Per fare un esempio, siamo nel luglio di quest’anno quando un sequestro di beni per un valore complessivo di ben un milione e mezzo di euro è stato eseguito a carico dei familiari di Totò Riina sulla base della evidente sproporzione tra i redditi dichiarati da moglie e figli e le ingenti quantità di denaro di cui gli stessi potevano disporre – 42.000 euro di assegni emessi a favore dei congiunti detenuti nel giro di sei anni; su tale sproporzione si è fondato il sospetto che quei soldi potessero provenire da attività illecite e su quella base si è disposta la misura di prevenzione.
Facile è intuire i motivi per cui uno strumento del genere presenti dei profili critici, soprattutto per il fatto che applica sanzioni non poco pervasive a soggetti semplicemente indiziati di un reato e non condannati, sulla base di un sospetto dell’autorità giudiziaria. Ragionevole era pensare dunque che, visto il rischio assai concreto di cadere nell’arbitrio – di questi strumenti si serviva il regime fascista per la repressione del dissenso politico – bisognasse limitare questa tipologia di istituti solo a reati dalla grande pericolosità sociale, quali mafia e terrorismo, come era fino a qualche giorno fa. Abbandonatasi all’ubriacatura da fine legislatura, la politica di questo Paese ha deciso di piegarsi inerme al “modello Mafia Capitale”.
Quel teorema barbaro, bocciato nelle aule di tribunale ma risuscitato miracolosamente a Montecitorio, che vorrebbe addirittura sancire per legge l’assai pericolosa equiparazione tra mafia e corruzione. Pericolosa, seppur ad una prima riflessione quasi accettabile, perché concepita non su un’analisi reale delle cause dei fenomeni di corruttela nel nostro Paese, analisi che imporrebbe di affiancare a misure di tipo repressivo un’attenta revisione della eccessiva pervasività della Pubblica Amministrazione nel sistema economico italiano, ma concepita come strumento per giustificare il sospetto sistematico, l’infangamento a mezzo stampa, la profonda forzatura delle più basilari garanzie costituzionali, a volte persino a prescindere dalle reali finalità processuali.
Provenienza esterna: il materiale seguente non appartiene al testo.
//! The links between nodes.

ghost use Rattle.std.specs.Prelude.{◌≡◌, ◌≢◌, ◌+◌, ◌==◌, ℕ, None, Some, IfSome, IfNone, IsSome};
ghost use Rattle.slab.specs.Slab.{get, slab_len, HasRoomFor};
ghost use Rattle.qqueue.specs.Rings.{after_of, before_of, item_of, Linked};

use crate::item::Item;
use crate::node::Node;
use slab::Slab;

/// Sets the node after a node.
fn set_after(nodes: &mut Slab<Node>, key: usize, after: usize)
    requires { IsSome (item_of nodes.old key) }
    ensures set { after_of nodes.new key ≡ Some after }
    ensures others { (x : ℕ) → x ≢ key → after_of nodes.new x ≡ after_of nodes.old x }
    ensures before { (x : ℕ) → before_of nodes.new x ≡ before_of nodes.old x }
    ensures items { (x : ℕ) → item_of nodes.new x ≡ item_of nodes.old x }
    ensures len { slab_len nodes.new ≡ slab_len nodes.old }
    ensures capacity { nodes.new.capacity ≡ nodes.old.capacity }
    ensures vacant { nodes.new.vacant_key ≡ nodes.old.vacant_key }
{
    nodes[key].after = after;
}

/// Sets the node before a node.
fn set_before(nodes: &mut Slab<Node>, key: usize, before: usize)
    requires { IsSome (item_of nodes.old key) }
    ensures set { before_of nodes.new key ≡ Some before }
    ensures others { (x : ℕ) → x ≢ key → before_of nodes.new x ≡ before_of nodes.old x }
    ensures after { (x : ℕ) → after_of nodes.new x ≡ after_of nodes.old x }
    ensures items { (x : ℕ) → item_of nodes.new x ≡ item_of nodes.old x }
    ensures len { slab_len nodes.new ≡ slab_len nodes.old }
    ensures capacity { nodes.new.capacity ≡ nodes.old.capacity }
    ensures vacant { nodes.new.vacant_key ≡ nodes.old.vacant_key }
{
    nodes[key].before = before;
}

/// Links two nodes: the second comes after the first, and the first before the second.
pub fn link(nodes: &mut Slab<Node>, first: usize, second: usize)
    requires first_there { IsSome (item_of nodes.old first) }
    requires second_there { IsSome (item_of nodes.old second) }
    ensures linked { Linked nodes.new first second }
    ensures after { (x : ℕ) → x ≢ first → after_of nodes.new x ≡ after_of nodes.old x }
    ensures before { (x : ℕ) → x ≢ second → before_of nodes.new x ≡ before_of nodes.old x }
    ensures items { (x : ℕ) → item_of nodes.new x ≡ item_of nodes.old x }
    ensures len { slab_len nodes.new ≡ slab_len nodes.old }
    ensures capacity { nodes.new.capacity ≡ nodes.old.capacity }
    ensures vacant { nodes.new.vacant_key ≡ nodes.old.vacant_key }
{
    set_after(nodes, first, second);
    set_before(nodes, second, first);
}

/// Adds a node that is a ring of its own, and returns its key: the key that was vacated last. Takes no
/// memory, because there is room.
pub fn add(nodes: &mut Slab<Node>, item: Item) -> usize
    requires { HasRoomFor nodes.old 1 }
    ensures key { result ≡ nodes.old.vacant_key }
    ensures free { item_of nodes.old result ≡ None }
    ensures item { item_of nodes.new result ≡ Some item }
    ensures alone { Linked nodes.new result result }
    ensures items { (x : ℕ) → x ≢ result → item_of nodes.new x ≡ item_of nodes.old x }
    ensures after { (x : ℕ) → x ≢ result → after_of nodes.new x ≡ after_of nodes.old x }
    ensures before { (x : ℕ) → x ≢ result → before_of nodes.new x ≡ before_of nodes.old x }
    ensures len { slab_len nodes.new ≡ slab_len nodes.old + 1 }
    ensures capacity { nodes.new.capacity ≡ nodes.old.capacity }
{
    let key = nodes.vacant_key();
    nodes.insert_reserved(Node {
        item,
        before: key,
        after: key,
    })
}

/// Searches all nodes for the item of this number, and returns its key; `None` if there is no such item.
fn search(nodes: &Slab<Node>, number: u64) -> Option<usize>
    ensures found { IfSome result (λ key. IfSome (item_of nodes.now key) (λ item. item.number ≡ number)) }
    ensures there { IfSome result (λ key. IsSome (item_of nodes.now key)) }
    ensures absent { IfNone result
        ((key : ℕ) → IfSome (item_of nodes.now key) (λ item. item.number ≢ number)) }
{
    for (key, node) in nodes.iter() {
        if node.item.number == number {
            return Some(key);
        }
    }
    None
}

/// Returns the key of the item of this number; `None` if there is no such item. It looks under `key` first,
/// and then searches all nodes.
pub fn key_of(nodes: &Slab<Node>, number: u64, key: usize) -> Option<usize>
    ensures found { IfSome result (λ key. IfSome (item_of nodes.now key) (λ item. item.number ≡ number)) }
    ensures there { IfSome result (λ key. IsSome (item_of nodes.now key)) }
    ensures absent { IfNone result
        ((key : ℕ) → IfSome (item_of nodes.now key) (λ item. item.number ≢ number)) }
{
    match nodes.get(key) {
        Some(node) if node.item.number == number => Some(key),
        _ => search(nodes, number),
    }
}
Non si possono offrire alibi alla barbarie, come sembra che con tanta leggerezza il nostro Parlamento abbia fatto. Fa paura un Paese che si abbandona a queste logiche. Un Paese che si inchina irragionevolmente a chi, portando sul petto la sua medaglietta di latta con scritto “antimafia”, sembra bearsi di un mondo in cui tutti i buoni possono diventare cattivi, se hanno un dito puntato contro. Questa parola, “antimafia”, sembra essere oramai diventata un magico espediente dietro il quale nascondere i più sinistri istinti giacobini di certa politica italiana. Al posto dei martiri con la toga, di Falcone e Borsellino, di quanti hanno dato il sangue perché pensavano che la Giustizia, come civiltà dell’Uomo, fosse un orizzonte a cui dover aspirare, ci troviamo oggi invece quelli della legalità spocchiosa, le Rosy Bindi, quanti sembrano riuscire a riempire la nullità assoluta delle loro menti solo cercando la pagliuzza negli occhi degli altri.